This is a new venture. I have no idea why I'm doing it. It was just a thought that sprung to my head and I've sat down to do it without any consideration as to the good, or the bad, that may come of it. God knows what I'll end up saying on this page in the future. It could get me cancelled at some stage. Or it could win me a Pulitzer Prize. Although one of those is more likely than the other. I'll let you decide which.

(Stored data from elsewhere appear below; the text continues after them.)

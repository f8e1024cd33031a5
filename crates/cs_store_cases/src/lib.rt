//! What tests of stores share. `batch` makes batches of parts, and `image` is all that a store shows, as text. `shows_commits` and
//! `is_found` are cases of both, written by hand, with what is shown. It stands on `cs_store` alone, so that any store can be asked;
//! tests higher up take the catalog of its one table. No call promises more than to return: it is for tests alone, which see what comes
//! of it.
#![tactic(auto)]

mod commits;
mod held;
mod images;
mod parts;
mod table;

pub use commits::{
    FIRST_BATCH, FIRST_META, FIRST_PENDING, FIRST_SHOWN, LAST, NEXT_BATCH, NEXT_ROWS, NEXT_SHOWN,
    NOTHING_SHOWN, shows_commits,
};
pub use held::{HELD, Held, is_found, is_whole};
pub use images::{image, image_of, shows};
pub use parts::{
    Edit, Entry, Named, Spelled, are_edits, batch, commit_of, entry_of, nothing, put_edits,
    put_named,
};
pub use table::catalog;
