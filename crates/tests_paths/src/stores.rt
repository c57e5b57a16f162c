//! The same rows on both kinds of store.
use crate::support::{holds, made, same};
use daggy_base::index::{Direction, EdgeIndex, NodeIndex};
use daggy_base::read_store::ReadStore;
use daggy_base::source::EdgeSource;
use daggy_base::store::Store;
use daggy_graph::graph::DiGraph;
use daggy_order::order::Order;
use daggy_paths::Paths;
use daggy_search::Scratch;
use daggy_stable::stable_graph::StableDiGraph;
use std::alloc::Global;
use std::process::Abort;

fn node(rt: &impl Abort, n: usize) -> NodeIndex<u8> {
    holds(rt, n < 255);
    NodeIndex::new(n)
}

fn lists(rt: &impl Abort, found: &[NodeIndex<u8>], wanted: &[usize]) {
    same(rt, found.len(), wanted.len());
    for (n, index) in found.iter().zip(wanted) {
        same(rt, n.index(), *index);
    }
}

// Asserts that these are the nodes of the path that was found, or that none was if none are given.
fn leads(rt: &impl Abort, found: Option<Vec<NodeIndex<u8>>>, wanted: &[usize]) {
    match found {
        Some(path) => lists(rt, path.as_slice(), wanted),
        None => same(rt, 0, wanted.len()),
    }
}

fn add_edges<S: Store<u8, NodeWeight = (), EdgeWeight = ()>>(
    rt: &impl Abort,
    store: &mut S,
    nodes: usize,
    edges: &[(usize, usize)],
) {
    for _ in 0..nodes {
        holds(rt, store.can_add_node());
        let _n = made(rt, store.add_node(()));
    }
    for (a, b) in edges {
        let (a, b) = (node(rt, *a), node(rt, *b));
        holds(rt, store.contains_node(a));
        holds(rt, store.contains_node(b));
        holds(rt, store.can_add_edge());
        let _e = made(rt, store.add_edge(a, b, ()));
    }
}

// A diamond with a tail, from the highest index down, and a node apart: 5 to 4 and 3, both to 2, 2
// to 1, and 0.
const DIAMOND: [(usize, usize); 5] = [(5, 4), (5, 3), (4, 2), (3, 2), (2, 1)];

// How many children of a node reach another: asked in a loop over the children, through a shared
// borrow.
fn children_that_reach<S: Store<u8, NodeWeight = (), EdgeWeight = ()>>(
    rt: &impl Abort,
    store: &S,
    paths: &mut Paths<'_, u8, S>,
    from: NodeIndex<u8>,
    to: NodeIndex<u8>,
) -> usize {
    let end = EdgeIndex::<u8>::end().index();
    let mut count = 0;
    let mut e = store.first_edge(from, Direction::Outgoing);
    for _ in 0..255 {
        if e.index() == end {
            return count;
        }
        holds(rt, store.contains_edge_index(e));
        if let Some((_, child)) = store.edge_endpoints(e) {
            if paths.reaches(child, to) {
                holds(rt, count < 255);
                count += 1;
            }
        }
        e = store.next_edge(e, Direction::Outgoing);
    }
    count
}

fn asks<S: Store<u8, NodeWeight = (), EdgeWeight = ()>>(rt: &impl Abort, alloc: Global, store: &S) {
    let Some(mut paths) = made(rt, Paths::sorted(alloc, store)) else {
        return holds(rt, false);
    };
    let n = [
        node(rt, 0),
        node(rt, 1),
        node(rt, 2),
        node(rt, 3),
        node(rt, 4),
        node(rt, 5),
        node(rt, 6),
    ];
    holds(rt, paths.reaches(n[5], n[1]));
    holds(rt, paths.reaches(n[3], n[3]));
    holds(rt, !paths.reaches(n[1], n[5]));
    holds(rt, !paths.reaches(n[4], n[3]));
    holds(rt, !paths.reaches(n[0], n[1]));
    holds(rt, !paths.reaches(n[6], n[6]));
    holds(rt, paths.would_close_cycle(n[1], n[5]));
    holds(rt, !paths.would_close_cycle(n[5], n[1]));
    same(
        rt,
        children_that_reach(rt, store, &mut paths, n[5], n[1]),
        2,
    );
    same(
        rt,
        children_that_reach(rt, store, &mut paths, n[5], n[4]),
        1,
    );
    same(
        rt,
        children_that_reach(rt, store, &mut paths, n[5], n[0]),
        0,
    );
    leads(rt, made(rt, paths.path(n[3], n[1])), &[3, 2, 1]);
    leads(rt, made(rt, paths.path(n[2], n[2])), &[2]);
    leads(rt, made(rt, paths.path(n[1], n[3])), &[]);
    leads(rt, made(rt, paths.path(n[6], n[6])), &[]);
    let Some(edges) = made(rt, paths.path_edges(n[3], n[1])) else {
        return holds(rt, false);
    };
    holds(rt, edges.len() == 2);
    same(rt, edges[0].index(), 3);
    same(rt, edges[1].index(), 4);
    let edges = made(rt, paths.path_edges(n[2], n[2]));
    holds(rt, edges.is_some_and(|edges| edges.is_empty()));
    holds(rt, made(rt, paths.path_edges(n[1], n[3])).is_none());
    let found = made(rt, paths.affected(&[n[3], n[6]]));
    lists(rt, found.as_slice(), &[3, 2, 1]);
    let found = made(rt, paths.descendants(&[n[3], n[4]]));
    lists(rt, found.as_slice(), &[2, 1]);
    let found = made(rt, paths.descendants(&[n[1], n[0]]));
    lists(rt, found.as_slice(), &[]);
    let found = made(rt, paths.ancestors(&[n[4], n[3]]));
    lists(rt, found.as_slice(), &[5]);
    let found = made(rt, paths.ancestors(&[n[1]]));
    same(rt, found.len(), 4);
    holds(rt, found.len() == 4);
    same(rt, found[0].index(), 5);
    same(rt, found[3].index(), 2);
    let closure = made(rt, paths.transitive_closure());
    holds(rt, closure.has(n[5], n[1]));
    holds(rt, closure.has(n[3], n[2]));
    holds(rt, !closure.has(n[2], n[2]));
    holds(rt, !closure.has(n[1], n[5]));
    holds(rt, !closure.has(n[4], n[3]));
    // The borrowed graph is still there to be read.
    same(rt, store.edge_count(), 5);
}

#[test]
fn a_compact_graph_answers(rt: HostRuntime) {
    let mut graph = DiGraph::new(rt.alloc());
    add_edges(&rt, &mut graph, 6, &DIAMOND);
    asks(&rt, rt.alloc(), &graph);
}

#[test]
fn a_stable_graph_answers(rt: HostRuntime) {
    let mut graph = StableDiGraph::new(rt.alloc());
    add_edges(&rt, &mut graph, 6, &DIAMOND);
    asks(&rt, rt.alloc(), &graph);
}

#[test]
fn a_stable_graph_with_a_vacant_slot_answers(rt: HostRuntime) {
    let mut graph = StableDiGraph::new(rt.alloc());
    add_edges(&rt, &mut graph, 7, &DIAMOND);
    let _gone = graph.remove_node(node(&rt, 6));
    asks(&rt, rt.alloc(), &graph);
}

#[test]
fn a_graph_with_a_cycle_has_no_paths(rt: HostRuntime) {
    let mut graph: DiGraph<(), (), u8> = DiGraph::new(rt.alloc());
    add_edges(&rt, &mut graph, 3, &[(0, 1), (1, 2), (2, 0)]);
    holds(&rt, made(&rt, Paths::sorted(rt.alloc(), &graph)).is_none());
}

#[test]
fn an_order_beside_the_graph_is_not_changed(rt: HostRuntime) {
    let mut graph: DiGraph<(), (), u8> = DiGraph::new(rt.alloc());
    add_edges(&rt, &mut graph, 3, &[(0, 1), (1, 2)]);
    let mut scratch = Scratch::new(rt.alloc());
    made(&rt, scratch.reserve(graph.node_bound(), 0));
    let Some(order) = made(&rt, Order::sorted(rt.alloc(), &mut graph, &mut scratch)) else {
        return holds(&rt, false);
    };
    // Two at once, over the same graph and the same order.
    let mut paths = made(&rt, Paths::new(rt.alloc(), &graph, &order));
    let mut others = made(&rt, Paths::new(rt.alloc(), &graph, &order));
    let (a, b, c) = (node(&rt, 0), node(&rt, 1), node(&rt, 2));
    holds(&rt, paths.reaches(a, c));
    holds(&rt, !others.reaches(c, a));
    holds(&rt, others.reaches(b, c));
    holds(&rt, paths.reaches(a, b));
    same(&rt, order.len(), 3);
    // An empty graph, and no order.
    let empty: DiGraph<(), (), u8> = DiGraph::new(rt.alloc());
    let none = Order::new(rt.alloc());
    let mut paths = made(&rt, Paths::new(rt.alloc(), &empty, &none));
    holds(&rt, !paths.reaches(a, a));
    same(&rt, made(&rt, paths.affected(&[a, b])).len(), 0);
}
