//! Dags of both kinds, asked through shared borrows.
use crate::support::{made, same};
use daggy_base::index::NodeIndex;
use daggy_base::read_store::ReadStore;
use daggy_dag::acyclic::{Acyclic, Dag, StableDag};
use daggy_paths::Paths;
use daggy_walk::walker::Walker;
use std::process::Abort;

// How many children of a node reach another, asked between the steps of a walk.
fn children_that_reach<S: ReadStore<u32, NodeWeight = u32, EdgeWeight = u32>>(
    rt: &impl Abort,
    dag: &Acyclic<u32, u32, u32, S>,
    paths: &mut Paths<'_, u32, S>,
    from: NodeIndex,
    to: NodeIndex,
) -> usize {
    let mut count = 0;
    let mut children = dag.children(from);
    for _ in 0..9 {
        if let Some((_, n)) = children.walk_next(dag) {
            if paths.reaches(n, to) {
                same(rt, count < 9, true);
                if count < 9 {
                    count += 1;
                }
            }
        }
    }
    count
}

// A diamond of which two paths lead to the last node, that is asked while it is borrowed.
fn ask<S: ReadStore<u32, NodeWeight = u32, EdgeWeight = u32>>(
    rt: &impl Abort,
    dag: &Acyclic<u32, u32, u32, S>,
    nodes: [NodeIndex; 4],
) {
    let [sow, hoe, rake, reap] = nodes;
    let mut paths = made(rt, dag.paths());
    same(rt, children_that_reach(rt, dag, &mut paths, sow, reap), 1);
    same(rt, children_that_reach(rt, dag, &mut paths, sow, rake), 1);
    same(rt, children_that_reach(rt, dag, &mut paths, rake, reap), 0);
    same(rt, paths.would_close_cycle(reap, sow), true);
    same(rt, made(rt, paths.descendants(&[sow])).len(), 3);
    same(rt, made(rt, paths.ancestors(&[reap])).len(), 2);
    same(
        rt,
        made(rt, paths.path_edges(sow, reap)).is_some_and(|edges| edges.len() == 2),
        true,
    );
    same(rt, dag.node_count(), 4);
    // A second one over the same dag.
    let mut others = made(rt, dag.paths());
    same(rt, others.reaches(hoe, reap), true);
    same(rt, paths.reaches(reap, hoe), false);
}

#[test]
fn a_dag_is_asked_while_it_is_read(rt: HostRuntime) {
    let mut dag: Dag<u32, u32> = Dag::new(rt.alloc());
    let sow = made(&rt, dag.add_node(0));
    let (_, hoe) = made(&rt, dag.add_child(sow, 0, 1));
    let (_, rake) = made(&rt, dag.add_child(sow, 0, 2));
    let (_, reap) = made(&rt, dag.add_child(hoe, 0, 3));
    ask(&rt, &dag, [sow, hoe, rake, reap]);
    // The dag can be changed again once nobody borrows it.
    same(&rt, dag.reaches(hoe, reap), true);
    same(&rt, dag.remove_node(hoe), Some(1));
}

#[test]
fn a_stable_dag_is_asked_while_it_is_read(rt: HostRuntime) {
    let mut dag: StableDag<u32, u32> = StableDag::new(rt.alloc());
    let gone = made(&rt, dag.add_node(9));
    let sow = made(&rt, dag.add_node(0));
    let (_, hoe) = made(&rt, dag.add_child(sow, 0, 1));
    let (_, rake) = made(&rt, dag.add_child(sow, 0, 2));
    let (_, reap) = made(&rt, dag.add_child(hoe, 0, 3));
    same(&rt, dag.remove_node(gone), Some(9));
    ask(&rt, &dag, [sow, hoe, rake, reap]);
    same(&rt, dag.reaches(hoe, reap), true);
}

I've taken a huge step back from music over the past few months. So much so that I've hardly picked up my guitar. My poor electric hasn't been played in months in fact. My final year of college has been all consuming. I submitted my dissertation a couple of weeks ago and that was a massive weight off my shoulders. I remember having a cast removed from my leg after an operation on my ankle when I was 17 and feeling my leg immediately start to elevate. It was a similar feeling submitting my dissertation, except this time it was my mind and soul that began to rise. Although I still have one essay and one exam left in my college career, that elevation has allowed me to peak back over the wall where music exists and start to look at possibilities on the other side.
I want to record an album this year. That's my goal for the next eight months. I also want to be gigging more now that I should have the time and energy. I suppose starting this little weekly scrawl is my way of pushing myself back into a space where I can achieve these things. A method of encouraging myself to start taking the steps that I considered college to be preventing me from taking. If you are entertained by it, then great. I suppose it has some other use. As an independent artist though, struggling away all by my lonesome, it is a way of keeping myself relevant. And getting clicks into this website. It costs me €20 a month to run this thing and it's been sitting idle for a long time now. I could have a Sky Movies subscription instead. So I suppose I better start using it.
I have this very unusual feeling of transition at the moment. College is a safe, secure space to be for four years. Emerging from it with a desire to stay in Dublin has its own costs. I'm immediately on a job hunt. There's no down time to be had. I'm straight into LinkedIn and Indeed like a bulldozer intent on burrowing its way through a job's centre. My conundrum is an old one that everyone experiences at some stage of their lives - time or money? I need both to pursue any sort of a music career. Time to record, play gigs, write. Money to record, get to gigs, support my writing. Added costs of rent, bills and being a social creature don't help the matter. Do I work part time to give myself the time to work on music, living on a breadline and worrying about not being able to pay for recording sessions, equipment, this website? Or do I live the dream in full time employment, hoping that people will be around outside the 9-5 to work on the different projects I have planned, fear burning myself out, and get too comfortable to ever take a leap back into music as a full time project?
I suppose it very much depends on what I want to do. If a full time job comes up that I know I'll adore, I'll jump at it. My mother has always said that I'm extremely fortunate though, that things land in my lap. She's right, I am pretty lucky sometimes. If I'm successful with my Basic Income for Artists application (which is the greatest scheme ever introduced in this country for creatives and I acclaim the arts minister with thunderous applause for introducing it) I'll be sorted, and I'll be able to do everything I want to do. Realistically though, what are the chances? Cross your fingers for me, I'll have mine crossed for you.
I suppose the one thing that this first entry does represent is a new beginning. Whatever position I end up in within the next month, I know that music will be my primary focus. That in itself is exciting. Some friends have it totally figured out what they want to do next. I have an idea, realising it is the next challenge.